Unnamed: 0,0,1,2,3,4
label,4,0,4,2,2
features,"[1.44255, 103.7958]","[1.33235, 103.78521]","[1.44246, 103.79667]","[1.34541, 103.95712]","[1.34567, 103.95963]"
latitude,1.44255,1.33235,1.44246,1.34541,1.34567
longitude,103.796,103.785,103.797,103.957,103.96
neighbourhood_group,North Region,Central Region,North Region,East Region,East Region


In [15]:
# split data for testing and training

train, test = df.randomSplit([0.8, 0.2], seed = 2018)
print("Training Dataset Count: " + str(train.count()))
print("Test Dataset Count: " + str(test.count()))

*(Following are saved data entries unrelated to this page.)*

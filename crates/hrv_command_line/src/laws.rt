//! Which words name each command, each law the contract of a function that does nothing.
ghost use Rattle.std.specs.Prelude.{◌≡◌, ◌≤◌, ℕ, List, None, [], ◌∷◌, codes, false, true, length, Some};
ghost use Rattle.std.specs.List.{AllByRecursion};
ghost use Rattle.std.specs.Str.{bytes_eq};
ghost use Rattle.clap.specs.Lexer.{usize_max};
ghost use Rattle.hrv_command_line.specs.CommandLine.{Asked, Assembles, Blames, Compiles, Debugs, Digests, Draws};
ghost use Rattle.hrv_command_line.specs.CommandLine.{Explains, FindsRaces};
ghost use Rattle.hrv_command_line.specs.CommandLine.{IsPlainWord, IsSpelled, Lists, ListsAddresses, MakesLog, Maps};
ghost use Rattle.hrv_command_line.specs.CommandLine.{PrintsLog, Profiles, Renews, Replays, Resumes};
ghost use Rattle.hrv_command_line.specs.CommandLine.{Runs, RunsDrawn, TellsVersion, Traces, Verifies};
ghost use Rattle.hrv_command_line.specs.CommandLine.{hart_in, named, number_in, number_or};
ghost use Rattle.hrv_command_line.specs.Commands.{most_every, most_harts, most_number, most_turns};
ghost use Rattle.hrv_refusals.specs.Explanations.{is_explained};

/// Which words name a replay: `replay` and two names, after `--` where one begins with `-`.
pub fn replay_is_named()
    ensures plain { (image log : List ℕ) → IsPlainWord image → IsPlainWord log
        → named (codes "replay" ∷ image ∷ log ∷ []) ≡ Some (Replays image log) }
    ensures marked { (image log : List ℕ)
        → named (codes "replay" ∷ codes "--" ∷ image ∷ log ∷ []) ≡ Some (Replays image log) }
    ensures only { (words : List (List ℕ)) (asked : Asked)
        → named words ≡ Some asked → IsSpelled words asked }
{}

/// Which words name a talk with the debugger: `debug` and two names, after `--` where one begins with `-`.
pub fn debug_is_named()
    ensures plain { (image log : List ℕ) → IsPlainWord image → IsPlainWord log
        → named (codes "debug" ∷ image ∷ log ∷ []) ≡ Some (Debugs image log) }
    ensures marked { (image log : List ℕ)
        → named (codes "debug" ∷ codes "--" ∷ image ∷ log ∷ []) ≡ Some (Debugs image log) }
{}

/// Which words name the answer who wrote a pixel: `blame` and two names, alone or with the two numbers of a pixel
/// after them, with `--turns`, or with the address of a word.
pub fn blame_is_named()
    ensures plain { (image log : List ℕ) → IsPlainWord image → IsPlainWord log
        → named (codes "blame" ∷ image ∷ log ∷ []) ≡ Some (Blames image log None None None false) }
    ensures turns { (image log : List ℕ) → IsPlainWord image → IsPlainWord log
        → named (codes "blame" ∷ image ∷ log ∷ codes "--turns" ∷ []) ≡ Some (Blames image log None None None true) }
    ensures pixel { (image log x y : List ℕ) → IsPlainWord image → IsPlainWord log → IsPlainWord x → IsPlainWord y
        → named (codes "blame" ∷ image ∷ log ∷ x ∷ y ∷ []) ≡ Some (Blames image log (Some x) (Some y) None false) }
    ensures address { (image log address : List ℕ) → IsPlainWord image → IsPlainWord log → IsPlainWord address
        → named (codes "blame" ∷ image ∷ log ∷ codes "--address" ∷ address ∷ [])
        ≡ Some (Blames image log None None (Some address) false) }
{}

/// Which words name a profile: `profile` and two names, after `--` where one begins with `-`.
pub fn profile_is_named()
    ensures plain { (image log : List ℕ) → IsPlainWord image → IsPlainWord log
        → named (codes "profile" ∷ image ∷ log ∷ []) ≡ Some (Profiles image log) }
    ensures marked { (image log : List ℕ)
        → named (codes "profile" ∷ codes "--" ∷ image ∷ log ∷ []) ≡ Some (Profiles image log) }
{}

/// Which words name a trace: `trace` and two names, alone, or with the first turn and the last one, a hart, or the
/// address of a word.
pub fn trace_is_named()
    ensures plain { (image log : List ℕ) → IsPlainWord image → IsPlainWord log
        → named (codes "trace" ∷ image ∷ log ∷ []) ≡ Some (Traces image log 0 most_number None None) }
    ensures turns { (image log first last : List ℕ) (f l : ℕ) → IsPlainWord image → IsPlainWord log
        → number_in first ≡ Some f → number_in last ≡ Some l
        → named (codes "trace" ∷ image ∷ log ∷ codes "--from" ∷ first ∷ codes "--to" ∷ last ∷ [])
        ≡ Some (Traces image log f l None None) }
    ensures hart { (image log hart : List ℕ) (h : ℕ) → IsPlainWord image → IsPlainWord log → hart_in hart ≡ Some h
        → named (codes "trace" ∷ image ∷ log ∷ codes "--hart" ∷ hart ∷ [])
        ≡ Some (Traces image log 0 most_number (Some h) None) }
    ensures address { (image log address : List ℕ) → IsPlainWord image → IsPlainWord log → IsPlainWord address
        → named (codes "trace" ∷ image ∷ log ∷ codes "--address" ∷ address ∷ [])
        ≡ Some (Traces image log 0 most_number None (Some address)) }
{}

/// Which words name the printing of a log and the making of one: `log` and a name, or two names, after `--` where one
/// begins with `-`.
pub fn log_is_named()
    ensures printed { (log : List ℕ) → IsPlainWord log → named (codes "log" ∷ log ∷ []) ≡ Some (PrintsLog log) }
    ensures printed_marked { (log : List ℕ) → named (codes "log" ∷ codes "--" ∷ log ∷ []) ≡ Some (PrintsLog log) }
    ensures made { (text log : List ℕ) → IsPlainWord text → IsPlainWord log
        → named (codes "log" ∷ text ∷ log ∷ []) ≡ Some (MakesLog text log) }
    ensures made_marked { (text log : List ℕ)
        → named (codes "log" ∷ codes "--" ∷ text ∷ log ∷ []) ≡ Some (MakesLog text log) }
{}

/// Which words name digests: `digest` and one name or more, after `--` where one begins with `-`.
pub fn digest_is_named()
    ensures plain { (file : List ℕ) (files : List (List ℕ)) → AllByRecursion IsPlainWord (file ∷ files)
        → named (codes "digest" ∷ file ∷ files) ≡ Some (Digests (file ∷ files)) }
    ensures marked { (file : List ℕ) (files : List (List ℕ))
        → named (codes "digest" ∷ codes "--" ∷ file ∷ files) ≡ Some (Digests (file ∷ files)) }
    ensures none { named (codes "digest" ∷ []) ≡ None }
{}

/// Which words name the verification of a record: `verify` and three names, after `--` where one begins with `-`.
pub fn verify_is_named()
    ensures plain { (recorded image log : List ℕ) → IsPlainWord recorded → IsPlainWord image → IsPlainWord log
        → named (codes "verify" ∷ recorded ∷ image ∷ log ∷ []) ≡ Some (Verifies recorded image log) }
    ensures marked { (recorded image log : List ℕ)
        → named (codes "verify" ∷ codes "--" ∷ recorded ∷ image ∷ log ∷ []) ≡ Some (Verifies recorded image log) }
{}

/// Which words name an assembly: `asm` and two names, after `--` where one begins with `-`.
pub fn asm_is_named()
    ensures plain { (source image : List ℕ) → IsPlainWord source → IsPlainWord image
        → named (codes "asm" ∷ source ∷ image ∷ []) ≡ Some (Assembles source image) }
    ensures marked { (source image : List ℕ)
        → named (codes "asm" ∷ codes "--" ∷ source ∷ image ∷ []) ≡ Some (Assembles source image) }
{}

/// Which words name a listing: `dis` and a name, after `--` where it begins with `-`; with addresses where
/// `--addresses` is after the name or before it.
pub fn dis_is_named()
    ensures plain { (image : List ℕ) → IsPlainWord image → named (codes "dis" ∷ image ∷ []) ≡ Some (Lists image) }
    ensures marked { (image : List ℕ) → named (codes "dis" ∷ codes "--" ∷ image ∷ []) ≡ Some (Lists image) }
    ensures addresses { (image : List ℕ) → IsPlainWord image
        → named (codes "dis" ∷ image ∷ codes "--addresses" ∷ []) ≡ Some (ListsAddresses image) }
    ensures before { (image : List ℕ) → IsPlainWord image
        → named (codes "dis" ∷ codes "--addresses" ∷ image ∷ []) ≡ Some (ListsAddresses image) }
{}

/// Which words name an explanation: `explain`, a family and a code, or a family alone, of a refusal that there is; with
/// `refused` before them and the line of a text after them, as a refusal is printed; or `explain` alone, which asks
/// for all families. No family is `refused`.
pub fn explain_is_named()
    ensures both { (family code : List ℕ) → IsPlainWord family → IsPlainWord code → is_explained family code ≡ true
        → bytes_eq family (codes "refused") ≡ false
        → named (codes "explain" ∷ family ∷ code ∷ []) ≡ Some (Explains family code) }
    ensures alone { (family : List ℕ) → IsPlainWord family → is_explained family [] ≡ true
        → bytes_eq family (codes "refused") ≡ false
        → named (codes "explain" ∷ family ∷ []) ≡ Some (Explains family []) }
    ensures others { (family code : List ℕ) → IsPlainWord family → IsPlainWord code → is_explained family code ≡ false
        → bytes_eq family (codes "refused") ≡ false
        → named (codes "explain" ∷ family ∷ code ∷ []) ≡ None }
    ensures printed { (family code line : List ℕ) → IsPlainWord family → IsPlainWord code → IsPlainWord line
        → is_explained family code ≡ true → bytes_eq family (codes "file") ≡ false
        → named (codes "explain" ∷ codes "refused" ∷ family ∷ code ∷ codes "line" ∷ line ∷ [])
        ≡ Some (Explains family code) }
    ensures all { named (codes "explain" ∷ []) ≡ Some (Explains [] []) }
{}

/// The words that ask for the program's version.
pub fn version_is_named()
    ensures plain { named (codes "version" ∷ []) ≡ Some TellsVersion }
    ensures flag { named (codes "--version" ∷ []) ≡ Some TellsVersion }
{}

/// Which words name a renewal: `renew` and two names, after `--` where one begins with `-`.
pub fn renew_is_named()
    ensures plain { (old new : List ℕ) → IsPlainWord old → IsPlainWord new
        → named (codes "renew" ∷ old ∷ new ∷ []) ≡ Some (Renews old new) }
    ensures marked { (old new : List ℕ)
        → named (codes "renew" ∷ codes "--" ∷ old ∷ new ∷ []) ≡ Some (Renews old new) }
{}

/// Which words name a map: `map` and two names, after `--` where one begins with `-`.
pub fn map_is_named()
    ensures plain { (algorithm schedule : List ℕ) → IsPlainWord algorithm → IsPlainWord schedule
        → named (codes "map" ∷ algorithm ∷ schedule ∷ []) ≡ Some (Maps algorithm schedule) }
    ensures marked { (algorithm schedule : List ℕ)
        → named (codes "map" ∷ codes "--" ∷ algorithm ∷ schedule ∷ []) ≡ Some (Maps algorithm schedule) }
{}

/// Which words name a picture: `picture`, an algorithm and any number of inputs, after `--` where one begins with `-`.
pub fn picture_is_named()
    ensures plain { (algorithm : List ℕ) (inputs : List (List ℕ)) → AllByRecursion IsPlainWord (algorithm ∷ inputs)
        → length inputs ≤ usize_max
        → named (codes "picture" ∷ algorithm ∷ inputs) ≡ Some (Draws algorithm inputs) }
    ensures marked { (algorithm : List ℕ) (inputs : List (List ℕ)) → length inputs ≤ usize_max
        → named (codes "picture" ∷ codes "--" ∷ algorithm ∷ inputs) ≡ Some (Draws algorithm inputs) }
{}

/// Which words name a compilation: `compile`, an algorithm, a schedule, an image and any number of inputs, after `--`
/// where one begins with `-`.
pub fn compile_is_named()
    ensures plain { (algorithm schedule image : List ℕ) (inputs : List (List ℕ))
        → AllByRecursion IsPlainWord (algorithm ∷ schedule ∷ image ∷ inputs)
        → length inputs ≤ usize_max → named (codes "compile" ∷ algorithm ∷ schedule ∷ image ∷ inputs)
        ≡ Some (Compiles algorithm schedule image inputs) }
    ensures marked { (algorithm schedule image : List ℕ) (inputs : List (List ℕ)) → length inputs ≤ usize_max
        → named (codes "compile" ∷ codes "--" ∷ algorithm ∷ schedule ∷ image ∷ inputs)
        ≡ Some (Compiles algorithm schedule image inputs) }
{}

/// Which words name a search for races: `races`, two names and any number of addresses, after `--` where one begins
/// with `-`.
pub fn races_are_named()
    ensures plain { (image log : List ℕ) (but : List (List ℕ)) → AllByRecursion IsPlainWord (image ∷ log ∷ but)
        → length but ≤ usize_max → named (codes "races" ∷ image ∷ log ∷ but) ≡ Some (FindsRaces image log but) }
    ensures marked { (image log : List ℕ) (but : List (List ℕ)) → length but ≤ usize_max
        → named (codes "races" ∷ codes "--" ∷ image ∷ log ∷ but) ≡ Some (FindsRaces image log but) }
{}

/// Which words name a run: `run` and two names, after `--` where one begins with `-`; with options after them, whose
/// texts are numbers within the limits; with the log that it goes on from; with a seed; or with the file of a record.
pub fn run_is_named()
    ensures plain { (image log : List ℕ) → IsPlainWord image → IsPlainWord log
        → named (codes "run" ∷ image ∷ log ∷ []) ≡ Some (Runs image log None 1 most_turns) }
    ensures marked { (image log : List ℕ)
        → named (codes "run" ∷ codes "--" ∷ image ∷ log ∷ []) ≡ Some (Runs image log None 1 most_turns) }
    ensures options { (image log harts turns : List ℕ) (h t : ℕ) → IsPlainWord image → IsPlainWord log
        → number_or 1 most_harts (Some harts) ≡ Some h → number_or 1 most_turns (Some turns) ≡ Some t
        → named (codes "run" ∷ image ∷ log ∷ codes "--harts" ∷ harts ∷ codes "--turns" ∷ turns ∷ [])
        ≡ Some (Runs image log None h t) }
    ensures resumed { (image log old : List ℕ) → IsPlainWord image → IsPlainWord log → IsPlainWord old
        → named (codes "run" ∷ image ∷ log ∷ codes "--from" ∷ old ∷ []) ≡ Some (Resumes image log None old most_turns) }
    ensures drawn { (image log seed : List ℕ) (s : ℕ) → IsPlainWord image → IsPlainWord log → number_in seed ≡ Some s
        → named (codes "run" ∷ image ∷ log ∷ codes "--seed" ∷ seed ∷ [])
        ≡ Some (RunsDrawn image log None 1 most_turns s 1) }
    ensures drawn_by { (image log seed every : List ℕ) (s k : ℕ) → IsPlainWord image → IsPlainWord log
        → number_in seed ≡ Some s → number_or 1 most_every (Some every) ≡ Some k
        → named (codes "run" ∷ image ∷ log ∷ codes "--seed" ∷ seed ∷ codes "--every" ∷ every ∷ [])
        ≡ Some (RunsDrawn image log None 1 most_turns s k) }
    ensures recorded { (image log file : List ℕ) → IsPlainWord image → IsPlainWord log → IsPlainWord file
        → named (codes "run" ∷ image ∷ log ∷ codes "--record" ∷ file ∷ [])
        ≡ Some (Runs image log (Some file) 1 most_turns) }
    ensures resumed_recorded { (image log old file : List ℕ) → IsPlainWord image → IsPlainWord log → IsPlainWord old
        → IsPlainWord file
        → named (codes "run" ∷ image ∷ log ∷ codes "--from" ∷ old ∷ codes "--record" ∷ file ∷ [])
        ≡ Some (Resumes image log (Some file) old most_turns) }
{}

#### 03. Use the Decision Tree Classifier

In [17]:
from pyspark.ml.classification import DecisionTreeClassifier

dt = DecisionTreeClassifier(featuresCol = 'features', labelCol = 'label', maxDepth = 3)
dtModel = dt.fit(train)
predictions = dtModel.transform(test)
predictions.select('latitude', 'longitude', 'label', 'rawPrediction', 'prediction', 'probability').show(10)

In [18]:
from pyspark.ml.evaluation import BinaryClassificationEvaluator

evaluator = BinaryClassificationEvaluator()
print("Test Area Under ROC: " + str(evaluator.evaluate(predictions, {evaluator.metricName: "areaUnderROC"})))

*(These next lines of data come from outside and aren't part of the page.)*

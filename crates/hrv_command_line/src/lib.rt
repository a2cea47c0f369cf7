//! The program's command line: what its words ask for.
//!
//! - [`command_lines`]: [`command`], over `specs/CommandLine.antt`.
//! - [`laws`]: which words name each command.
//! - `table`: the commands, a row each, over `specs/Commands.antt`.
//! - `asked`: what each command is asked for by its values and options.
//! - `tracing`: what `trace` is.
//! - `reading`: the values and the options that words give a command.
//! - `programs`: the table as `clap` takes it, which says what is wrong with words, and helps.
//! - [`faults`]: why words are refused ([`CommandLineFault`]), over `specs/Faults.antt`.
#![tactic(auto)]

mod asked;
mod command_lines;
mod faults;
pub mod laws;
mod programs;
mod reading;
mod table;
mod tracing;

pub use crate::command_lines::{
    BlameArguments, DrawArguments, Invocation, TraceArguments, command,
};
pub use crate::faults::CommandLineFault;
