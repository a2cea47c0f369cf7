//! A new board, with its seats and glances.

ghost use Rattle.std.specs.Prelude.{◌≡◌, ◌+◌, ◌<◌, ◌≤◌, [], ◌∷◌, All, drop, length, IfOk};
ghost use Rattle.board.specs.Rule.{most_harts, at_start};
ghost use Rattle.board.specs.Closing.{IsNewSeat, AreNewSeats, IsUnused, IsNewGlance};
ghost use Rattle.board.specs.Tokens.{name_of};

use crate::boards::{Board, BoardSeat, BoardToken, Glance};
use crate::rule::{DealGlance, DealSeat, Enter};
use atomic_table::Table;
use std::alloc::{AllocError, Global};

/// This many glances beside one for each seat.
const MORE_GLANCES: usize = 8;

impl Board {
    /// A board of 1 to 8 harts whose numbers are 0, with no stop asked. It gives a seat for each hart, in
    /// order, and 8 glances more than seats.
    pub fn new(
        alloc: Global,
        harts: usize,
    ) -> Result<(Board, Vec<BoardSeat>, Vec<Glance>), AllocError>
        requires some { 1 ≤ harts }
        requires few { harts ≤ most_harts }
        ensures board { IfOk result (λ made. made.0.harts ≡ harts) }
        ensures all_seats { IfOk result (λ made. length made.1.items ≡ harts) }
        ensures seats { IfOk result (λ made. AreNewSeats (name_of made.0) 0 made.1.items) }
        ensures unused { IfOk result (λ made. All (IsUnused (name_of made.0)) made.1.items) }
        ensures all_glances { IfOk result (λ made. length made.2.items ≡ harts + 8) }
        ensures glances { IfOk result (λ made. All (IsNewGlance (name_of made.0)) made.2.items) }
    {
        let (table, mut dealer) = Table::of_words(alloc, &[0; 9], &harts)?;
        let board = Board { table, harts };
        let seats = board.deal_seats(alloc, &mut dealer)?;
        let glances = board.deal_glances(alloc, &mut dealer, harts + MORE_GLANCES)?;
        Ok((board, seats, glances))
    }

    /// One glance more, which has seen nothing.
    pub fn new_glance(&self) -> Glance
        ensures { IsNewGlance (name_of self.now) result }
    {
        let (_, token) = self.table.shared.load_new_seat::<Enter>(0);
        Glance { token }
    }

    // The seat of the first hart that the dealer counts.
    fn deal_seat(&self, dealer: &mut BoardToken, hart: usize) -> BoardSeat
        requires of { dealer.old.table_id ≡ name_of self.now }
        requires hart { hart < most_harts }
        requires first { dealer.old.me.0.counts ≡ (hart, 0) ∷ drop 1 dealer.old.me.0.counts }
        ensures seat { IsNewSeat (name_of self.now) hart result }
        ensures of { dealer.new.table_id ≡ name_of self.now }
        ensures rest { dealer.new.me.0.counts ≡ drop 1 dealer.old.me.0.counts }
        ensures slots { dealer.new.me.1 ≡ dealer.old.me.1 }
    {
        let token = self.table.shared.split_seat::<DealSeat>(dealer);
        BoardSeat {
            hart,
            number: 0,
            token,
        }
    }

    // The seats of all harts.
    fn deal_seats(
        &self,
        alloc: Global,
        dealer: &mut BoardToken,
    ) -> Result<Vec<BoardSeat>, AllocError>
        requires of { dealer.old.table_id ≡ name_of self.now }
        requires all { dealer.old.me.0.counts ≡ at_start 0 self.now.harts }
        ensures all { IfOk result (λ seats. length seats.items ≡ self.now.harts) }
        ensures new { IfOk result (λ seats. AreNewSeats (name_of self.now) 0 seats.items) }
        ensures unused { IfOk result (λ seats. All (IsUnused (name_of self.now)) seats.items) }
        ensures of { dealer.new.table_id ≡ name_of self.now }
    {
        let mut seats = Vec::new(alloc);
        for hart in 0..self.harts {
            let seat = self.deal_seat(dealer, hart);
            seats.push(seat)?;
        }
        Ok(seats)
    }

    // A glance that has seen nothing.
    fn deal_glance(&self, dealer: &mut BoardToken) -> Glance
        requires { dealer.old.table_id ≡ name_of self.now }
        ensures glance { IsNewGlance (name_of self.now) result }
        ensures of { dealer.new.table_id ≡ name_of self.now }
    {
        let token = self.table.shared.split_seat::<DealGlance>(dealer);
        Glance { token }
    }

    // This many glances.
    fn deal_glances(
        &self,
        alloc: Global,
        dealer: &mut BoardToken,
        count: usize,
    ) -> Result<Vec<Glance>, AllocError>
        requires { dealer.old.table_id ≡ name_of self.now }
        ensures all { IfOk result (λ glances. length glances.items ≡ count) }
        ensures new { IfOk result (λ glances. All (IsNewGlance (name_of self.now)) glances.items) }
        ensures of { dealer.new.table_id ≡ name_of self.now }
    {
        let mut glances = Vec::new(alloc);
        for _dealt in 0..count {
            let glance = self.deal_glance(dealer);
            glances.push(glance)?;
        }
        Ok(glances)
    }
}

#### 03. Use the Logistic Regression Model

In [20]:
from pyspark.ml.classification import LogisticRegression

# We can also use the multinomial family for binary classification
mlr = LogisticRegression(maxIter=10, regParam=0.3, elasticNetParam=0.8, family="multinomial")

# Fit the model
mlrModel = mlr.fit(train)

In [21]:
# Print the coefficients and intercepts for logistic regression with multinomial family
print("Multinomial coefficients: " + str(mlrModel.coefficientMatrix))
print("Multinomial intercepts: " + str(mlrModel.interceptVector))

In [22]:
# Make predictions on the test set

predictions = mlrModel.transform(test)
predictions.select('latitude', 'longitude', 'label', 'rawPrediction', 'prediction', 'probability').show(10)

In [23]:
#Evaluate our Logistic Regression model.
from pyspark.ml.evaluation import BinaryClassificationEvaluator

evaluator = BinaryClassificationEvaluator()
print('Test Area Under ROC', evaluator.evaluate(predictions))

Since the low accuracy of the prediction I trainned multiple model to compare the most accurate model. So Logistic Regression Model is used for this solution.